Today, reports indicate there is renewed pressure on Kenya and Uganda to extend the SGR to, especially the resource-rich DRC. The pressure is posed by Tanzania’s push on with its electrified line headed in the same direction on the Central Corridor. Tanzania’s US$7.6 billion project runs over 1,600km from Dar es Salaam to Mwanza on the shores of Lake Victoria and Kigoma along Lake Tanganyika.

In May 2024, Uhuru’s successor, President William Ruto announced that Kenya and Uganda had agreed to jointly extend the Standard Gauge Railway from Naivasha to Kampala to DR Congo.

Kenya blocks Uganda petroleum

But the new moves are being made under the dark cloud of recent economic-inspired riots in Kenya and another running battle between Uganda and Kenya over Uganda’s bid to bypass Kenya in its importation of refined petroleum products. Once again the headlines are ugly.

Under the banner: “Kenya, Uganda agree to explore extension of Eldoret-Kampala pipeline” (Citizen Digital May 16, 2024) it was noted that Kenya and Uganda had signed a tripartite agreement allowing Uganda’s state oil firm to import her petroleum products through Kenya.

“The Tripartite Agreement on the Importation and Transit of Refined Petroleum Products through Kenya to Uganda whose signing we have just witnessed enables the Uganda National Oil Company Limited to Import refined petroleum commodities directly from producer jurisdictions thus bringing to an end the challenges faced by the sector in Uganda,” stated Ruto.

But that announcement came after Uganda sued Kenya at the East African Court of Justice on December 28, 2023 accusing it of denying the Uganda National Oil Company (UNOC) rights to operate as an Oil Marketing Company (OMC) in Kenya.
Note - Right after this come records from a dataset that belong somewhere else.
// The fields of each kind of record: tables 6 to 12, a line for each rule in the table's order. For each table there are two functions: one
// tests the record, and one gives the first fault of the facts of the table. `at` is where the record starts. A test asks once whether
// the file ends before a byte of the record that may not be 0, a track or the signal byte: past the end a byte counts as 0, so that the
// record does not obey. Reads of what stands before that byte need not ask again.
#![tactic(auto, unfolding(verdict::specs::Facts::first_fault))]

ghost use Rattle.std.specs.Prelude.{◌≡◌, ◌++◌};
ghost use Rattle.verdict.specs.Facts.{all_tests, first_fault};
ghost use Rattle.tables.specs.Rows.{table_facts};
ghost use Rattle.x2_records.specs.Rows.{boundary_table, turnout_table, balise_table, signal_table, joint_table, siding_table};
ghost use Rattle.x2_kinds.specs.KindFields.{message_fields, kind_fields};

use names::{MAY_BE_EMPTY, NOT_EMPTY};
use octets::byte_at;
use tables::{
    among_five, among_four, between, equals, exactly, has_name, has_part, is_among_five,
    is_among_four, lies_between, named, number_of, part, place_of,
};
use verdict::{Mark, Reason, Rule, fact};
use x1_records::POSITION_MOST;
use x2_records::{Balise, Boundary, Joint, Kind, Siding, Signal, Turnout};

// The attribute byte of a balise: the direction of its group against rising positions, and its nature.
const OPPOSITE_VIRTUAL: usize = 0x40;

const OPPOSITE_PHYSICAL: usize = 0x41;

const SAME_VIRTUAL: usize = 0x80;

const SAME_PHYSICAL: usize = 0x81;

// The byte that ends a balise's message.
pub const MESSAGE_END: usize = 0xFF;

// The signal byte: the greatest direction, and the least and the greatest duty.
const FACING_MOST: usize = 2;

pub const DUTY_LEAST: usize = 1;

pub const DUTY_MOST: usize = 5;

// Tables 6 and 7: a boundary, whose type byte lies between two numbers.
#[tactic(auto, using(crate::proofs::Checks::nothing_there))]
fn boundary_obeys(f: &[u8], at: u32, low: usize, high: usize) -> bool
    ensures { result ≡ all_tests (table_facts f.now at (boundary_table low high)) }
{
    if f.len() < at as usize + Boundary::SIZE {
        return false;
    }
    let entry = lies_between(f, at, Boundary::ENTRY, low, high);
    let neighbour = is_among_five(
        f,
        at,
        Boundary::NEIGHBOUR_TYPE,
        Boundary::START_UP,
        Boundary::START_DOWN,
        Boundary::END_UP,
        Boundary::END_DOWN,
        Boundary::UNKNOWN,
    );
    let position = lies_between(f, at, Boundary::POSITION, 0, POSITION_MOST);
    let track = lies_between(f, at, Boundary::TRACK, 1, 255);
    entry & (neighbour & (position & track))
}

// The same, as facts.
// Stays (2): the walk over the records asks the test first, which is quicker than the facts; the verdict's pass over boundaries asks it alone.
fn boundary_fields(f: &[u8], at: u32, low: usize, high: usize) -> Result<(), Mark>
    ensures { result ≡ first_fault (table_facts f.now at (boundary_table low high)) }
{
    between(f, at, Boundary::ENTRY, low, high)?;
    among_five(
        f,
        at,
        Boundary::NEIGHBOUR_TYPE,
        Boundary::START_UP,
        Boundary::START_DOWN,
        Boundary::END_UP,
        Boundary::END_DOWN,
        Boundary::UNKNOWN,
    )?;
    between(f, at, Boundary::POSITION, 0, POSITION_MOST)?;
    between(f, at, Boundary::TRACK, 1, 255)
}

// Table 8: a turnout.
#[tactic(auto, using(crate::proofs::Checks::nothing_there))]
fn turnout_obeys(f: &[u8], at: u32) -> bool
    ensures { result ≡ all_tests (table_facts f.now at turnout_table) }
{
    if f.len() < at as usize + Turnout::SIZE {
        return false;
    }
    let entry = equals(f, at, Turnout::ENTRY, Turnout::TYPE);
    let number = lies_between(f, at, Turnout::NUMBER, 1, 255);
    let direction = lies_between(f, at, Turnout::DIRECTION, 0, 1);
    let tip = lies_between(f, at, Turnout::TIP_POSITION, 0, POSITION_MOST);
    let normal = lies_between(f, at, Turnout::NORMAL_POSITION, 0, POSITION_MOST);
    let reverse = lies_between(f, at, Turnout::REVERSE_POSITION, 0, POSITION_MOST);
    let front_track = lies_between(f, at, Turnout::FRONT_TRACK, 1, 255);
    let normal_track = lies_between(f, at, Turnout::NORMAL_TRACK, 1, 255);
    let reverse_track = lies_between(f, at, Turnout::REVERSE_TRACK, 1, 255);
    let tracks = front_track & (normal_track & reverse_track);
    entry & (number & (direction & (tip & (normal & (reverse & tracks)))))
}

// The same, as facts.
// Stays (2): the walk over the records asks the test first, which is quicker than the facts, and the facts only where it fails.
fn turnout_fields(f: &[u8], at: u32) -> Result<(), Mark>
    ensures { result ≡ first_fault (table_facts f.now at turnout_table) }
{
    exactly(f, at, Turnout::ENTRY, Turnout::TYPE)?;
    between(f, at, Turnout::NUMBER, 1, 255)?;
    between(f, at, Turnout::DIRECTION, 0, 1)?;
    between(f, at, Turnout::TIP_POSITION, 0, POSITION_MOST)?;
    between(f, at, Turnout::NORMAL_POSITION, 0, POSITION_MOST)?;
    between(f, at, Turnout::REVERSE_POSITION, 0, POSITION_MOST)?;
    between(f, at, Turnout::FRONT_TRACK, 1, 255)?;
    between(f, at, Turnout::NORMAL_TRACK, 1, 255)?;
    between(f, at, Turnout::REVERSE_TRACK, 1, 255)
}

// Table 9: a balise without its message.
#[tactic(auto, using(crate::proofs::Checks::nothing_there))]
fn fixed_obeys(f: &[u8], at: u32) -> bool
    ensures { result ≡ all_tests (table_facts f.now at balise_table) }
{
    if f.len() <= place_of(at, Balise::TRACK) {
        return false;
    }
    let entry = equals(f, at, Balise::ENTRY, Balise::TYPE);
    let number = lies_between(f, at, Balise::NUMBER, 0, Balise::NONE - 1);
    let attribute = is_among_four(
        f,
        at,
        Balise::ATTRIBUTE,
        OPPOSITE_VIRTUAL,
        OPPOSITE_PHYSICAL,
        SAME_VIRTUAL,
        SAME_PHYSICAL,
    );
    let position = lies_between(f, at, Balise::POSITION, 0, POSITION_MOST);
    let track = lies_between(f, at, Balise::TRACK, 1, 255);
    let group = has_part(f, at, Balise::GROUP, Balise::MIDDLE, 0, 0);
    entry & (number & (attribute & (position & (track & group))))
}

// The same, as facts.
// Stays (2): the walk over the records asks the test first, which is quicker than the facts, and the facts only where it fails.
fn fixed_fields(f: &[u8], at: u32) -> Result<(), Mark>
    ensures { result ≡ first_fault (table_facts f.now at balise_table) }
{
    exactly(f, at, Balise::ENTRY, Balise::TYPE)?;
    between(f, at, Balise::NUMBER, 0, Balise::NONE - 1)?;
    among_four(
        f,
        at,
        Balise::ATTRIBUTE,
        OPPOSITE_VIRTUAL,
        OPPOSITE_PHYSICAL,
        SAME_VIRTUAL,
        SAME_PHYSICAL,
    )?;
    between(f, at, Balise::POSITION, 0, POSITION_MOST)?;
    between(f, at, Balise::TRACK, 1, 255)?;
    part(f, at, Balise::GROUP, Balise::MIDDLE, 0, 0)
}

// The message of a balise, where it has one: its last byte is 0xFF.
#[tactic(auto, using(crate::proofs::Checks::no_message_tested, crate::proofs::Checks::message_tested))]
fn message_obeys(f: &[u8], at: u32) -> bool
    ensures { result ≡ all_tests (message_fields f.now at) }
{
    let size = number_of(f, at, Balise::SIZE_BYTE);
    if size <= Balise::SIZE {
        return true;
    }
    let place = at as usize + Balise::MESSAGE;
    let width = size - Balise::SIZE;
    byte_at(f, place + width - 1) == MESSAGE_END
}

// The same, as facts.
// Stays (2): the walk over the records asks the test first, which is quicker than the facts, and the facts only where it fails.
#[tactic(auto, using(crate::proofs::Checks::no_message, crate::proofs::Checks::message_judged))]
fn message_fields(f: &[u8], at: u32) -> Result<(), Mark>
    ensures { result ≡ first_fault (message_fields f.now at) }
{
    let size = number_of(f, at, Balise::SIZE_BYTE);
    if size <= Balise::SIZE {
        return Ok(());
    }
    let ok = message_obeys(f, at);
    let start = at as usize;
    let place = start + Balise::MESSAGE;
    let width = size - Balise::SIZE;
    let rule = Rule::LastByte(MESSAGE_END);
    fact(ok, Reason::Field, start, place, width, rule)
}

// A balise.
#[tactic(auto, using(crate::proofs::Checks::stops, crate::proofs::Checks::goes_on))]
pub fn balise_obeys(f: &[u8], at: u32) -> bool
    ensures { result ≡ all_tests (table_facts f.now at balise_table ++ message_fields f.now at) }
{
    if !fixed_obeys(f, at) {
        return false;
    }
    message_obeys(f, at)
}

// The same, as facts.
// Stays (2): the walk over the records asks the test first, which is quicker than the facts, and the facts only where it fails.
fn balise_fields(f: &[u8], at: u32) -> Result<(), Mark>
    ensures { result ≡ first_fault (table_facts f.now at balise_table ++ message_fields f.now at) }
{
    fixed_fields(f, at)?;
    message_fields(f, at)
}

// Table 10: a signal.
#[tactic(auto, using(crate::proofs::Checks::nothing_there))]
fn signal_obeys(f: &[u8], at: u32) -> bool
    ensures { result ≡ all_tests (table_facts f.now at signal_table) }
{
    if f.len() < at as usize + Signal::SIZE {
        return false;
    }
    let entry = equals(f, at, Signal::ENTRY, Signal::TYPE);
    let name = has_name(f, at, Signal::NAME, NOT_EMPTY);
    let position = lies_between(f, at, Signal::POSITION, 0, POSITION_MOST);
    let track = lies_between(f, at, Signal::TRACK, 1, 255);
    let top = has_part(f, at, Signal::BYTE, Signal::TOP, 0, FACING_MOST);
    let middle = has_part(f, at, Signal::BYTE, Signal::MIDDLE, 0, 0);
    let low = has_part(f, at, Signal::BYTE, Signal::LOW, DUTY_LEAST, DUTY_MOST);
    entry & (name & (position & (track & (top & (middle & low)))))
}

// The same, as facts.
// Stays (2): the walk over the records asks the test first, which is quicker than the facts, and the facts only where it fails.
fn signal_fields(f: &[u8], at: u32) -> Result<(), Mark>
    ensures { result ≡ first_fault (table_facts f.now at signal_table) }
{
    exactly(f, at, Signal::ENTRY, Signal::TYPE)?;
    named(f, at, Signal::NAME, NOT_EMPTY)?;
    between(f, at, Signal::POSITION, 0, POSITION_MOST)?;
    between(f, at, Signal::TRACK, 1, 255)?;
    part(f, at, Signal::BYTE, Signal::TOP, 0, FACING_MOST)?;
    part(f, at, Signal::BYTE, Signal::MIDDLE, 0, 0)?;
    part(f, at, Signal::BYTE, Signal::LOW, DUTY_LEAST, DUTY_MOST)
}

// Table 11: a joint.
#[tactic(auto, using(crate::proofs::Checks::nothing_there))]
fn joint_obeys(f: &[u8], at: u32) -> bool
    ensures { result ≡ all_tests (table_facts f.now at joint_table) }
{
    if f.len() < at as usize + Joint::SIZE {
        return false;
    }
    let entry = equals(f, at, Joint::ENTRY, Joint::TYPE);
    let name = has_name(f, at, Joint::NAME, MAY_BE_EMPTY);
    let position = lies_between(f, at, Joint::POSITION, 0, POSITION_MOST);
    let track = lies_between(f, at, Joint::TRACK, 1, 255);
    entry & (name & (position & track))
}

// The same, as facts.
// Stays (2): the walk over the records asks the test first, which is quicker than the facts, and the facts only where it fails.
fn joint_fields(f: &[u8], at: u32) -> Result<(), Mark>
    ensures { result ≡ first_fault (table_facts f.now at joint_table) }
{
    exactly(f, at, Joint::ENTRY, Joint::TYPE)?;
    named(f, at, Joint::NAME, MAY_BE_EMPTY)?;
    between(f, at, Joint::POSITION, 0, POSITION_MOST)?;
    between(f, at, Joint::TRACK, 1, 255)
}

// Table 12: a siding, whose two exit signal names may be empty.
#[tactic(auto, using(crate::proofs::Checks::nothing_there))]
fn siding_obeys(f: &[u8], at: u32) -> bool
    ensures { result ≡ all_tests (table_facts f.now at siding_table) }
{
    if f.len() <= place_of(at, Siding::TRACK) {
        return false;
    }
    let entry = equals(f, at, Siding::ENTRY, Siding::TYPE);
    let name = has_name(f, at, Siding::NAME, NOT_EMPTY);
    let track = lies_between(f, at, Siding::TRACK, 1, 255);
    let up = has_name(f, at, Siding::UP_SIGNAL, MAY_BE_EMPTY);
    let down = has_name(f, at, Siding::DOWN_SIGNAL, MAY_BE_EMPTY);
    entry & (name & (track & (up & down)))
}

// The same, as facts.
// Stays (2): the walk over the records asks the test first, which is quicker than the facts, and the facts only where it fails.
fn siding_fields(f: &[u8], at: u32) -> Result<(), Mark>
    ensures { result ≡ first_fault (table_facts f.now at siding_table) }
{
    exactly(f, at, Siding::ENTRY, Siding::TYPE)?;
    named(f, at, Siding::NAME, NOT_EMPTY)?;
    between(f, at, Siding::TRACK, 1, 255)?;
    named(f, at, Siding::UP_SIGNAL, MAY_BE_EMPTY)?;
    named(f, at, Siding::DOWN_SIGNAL, MAY_BE_EMPTY)
}

// A record of a kind.
#[tactic(auto, unfolding(crate::specs::KindFields::kind_fields))]
pub fn kind_obeys(f: &[u8], k: Kind, at: u32) -> bool
    ensures { result ≡ all_tests (kind_fields f.now k at) }
{
    match k {
        Kind::StartBoundary => boundary_obeys(f, at, Boundary::START_UP, Boundary::START_DOWN),
        Kind::EndBoundary => boundary_obeys(f, at, Boundary::END_DOWN, Boundary::END_UP),
        Kind::Turnout => turnout_obeys(f, at),
        Kind::Balise => balise_obeys(f, at),
        Kind::Signal => signal_obeys(f, at),
        Kind::Joint => joint_obeys(f, at),
        Kind::Siding => siding_obeys(f, at),
    }
}

// The same, as facts.
// Stays (2): the walk over the records asks the test first, which is quicker than the facts; the verdict's pass over boundaries asks it alone.
#[tactic(auto, unfolding(crate::specs::KindFields::kind_fields))]
pub fn kind_fields(f: &[u8], k: Kind, at: u32) -> Result<(), Mark>
    ensures { result ≡ first_fault (kind_fields f.now k at) }
{
    match k {
        Kind::StartBoundary => { boundary_fields(f, at, Boundary::START_UP, Boundary::START_DOWN) }
        Kind::EndBoundary => boundary_fields(f, at, Boundary::END_DOWN, Boundary::END_UP),
        Kind::Turnout => turnout_fields(f, at),
        Kind::Balise => balise_fields(f, at),
        Kind::Signal => signal_fields(f, at),
        Kind::Joint => joint_fields(f, at),
        Kind::Siding => siding_fields(f, at),
    }
}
Kenya insisted the Uganda oil pipeline project was not beneficial to Kenya.

“The pipeline is not utilised as it should, the deal is expensive but we are not getting profit as we should,” Kenya Government Spokesperson, Isaac Mwaura, said according to Citizen Digital (January 11, 2024).

“Regardless, this is something that benefits Kenyans; we have a right to benefit from the measures we have put to collect revenues on top of other needs.”
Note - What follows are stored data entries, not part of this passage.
// The track of X.1 (f) that a byte of X.2 (g) names, by the words of X.1's track numbers.
ghost use Rattle.std.specs.Prelude.{◌≡◌};
ghost use Rattle.octets.specs.Octets.{num_at};
ghost use Rattle.verdict.specs.Facts.{same, test};
ghost use Rattle.x1_lookup.specs.Lookup.{find_track};
ghost use Rattle.pair.specs.inner.Tracks.{Answers};
ghost use Rattle.pair.specs.Pair.{present};

use octets::byte_at;
use x1_lookup::Presence;

// How many bytes a track and a position have in X.2.
pub const TRACK_SIZE: usize = 1;

pub const POSITION_SIZE: usize = 4;

// The track whose number stands at t.
pub fn track_at(f: &[u8], g: &[u8], tracks: Presence, t: usize) -> Option<u32>
    requires { Answers f.now tracks }
    ensures { result ≡ find_track f.now (num_at 1 g.now t) }
{
    tracks.entry(byte_at(g, t))
}

// A track was found.
pub fn is_found(found: Option<u32>) -> bool
    ensures { result ≡ test (same (present found) 1) }
{
    found.is_some()
}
Not surprisingly, a few months after Ruto’s May announcement, another ugly headline popped up: “Nairobi slaps Uganda with fresh hurdle on fuel imports (The EastAfrican Tuesday July 09 2024). This one described fresh hurdles that Kenya had thrown on Uganda’s direct fuel import scheme, doubling the bond fee for imported consignments destined for Kampala to US$45 million.

It quoted Uganda’s Energy and Mineral Resources minister Ruth Nankabirwa saying Kenya increased the requirement on the size of bond fees at the Vitol Tank Terminal International (VTTI) storage facility in Mombasa from US$15 million —posing a bottleneck to Uganda’s hopes of lowering pump prices of the commodity. That one is yet to be resolved.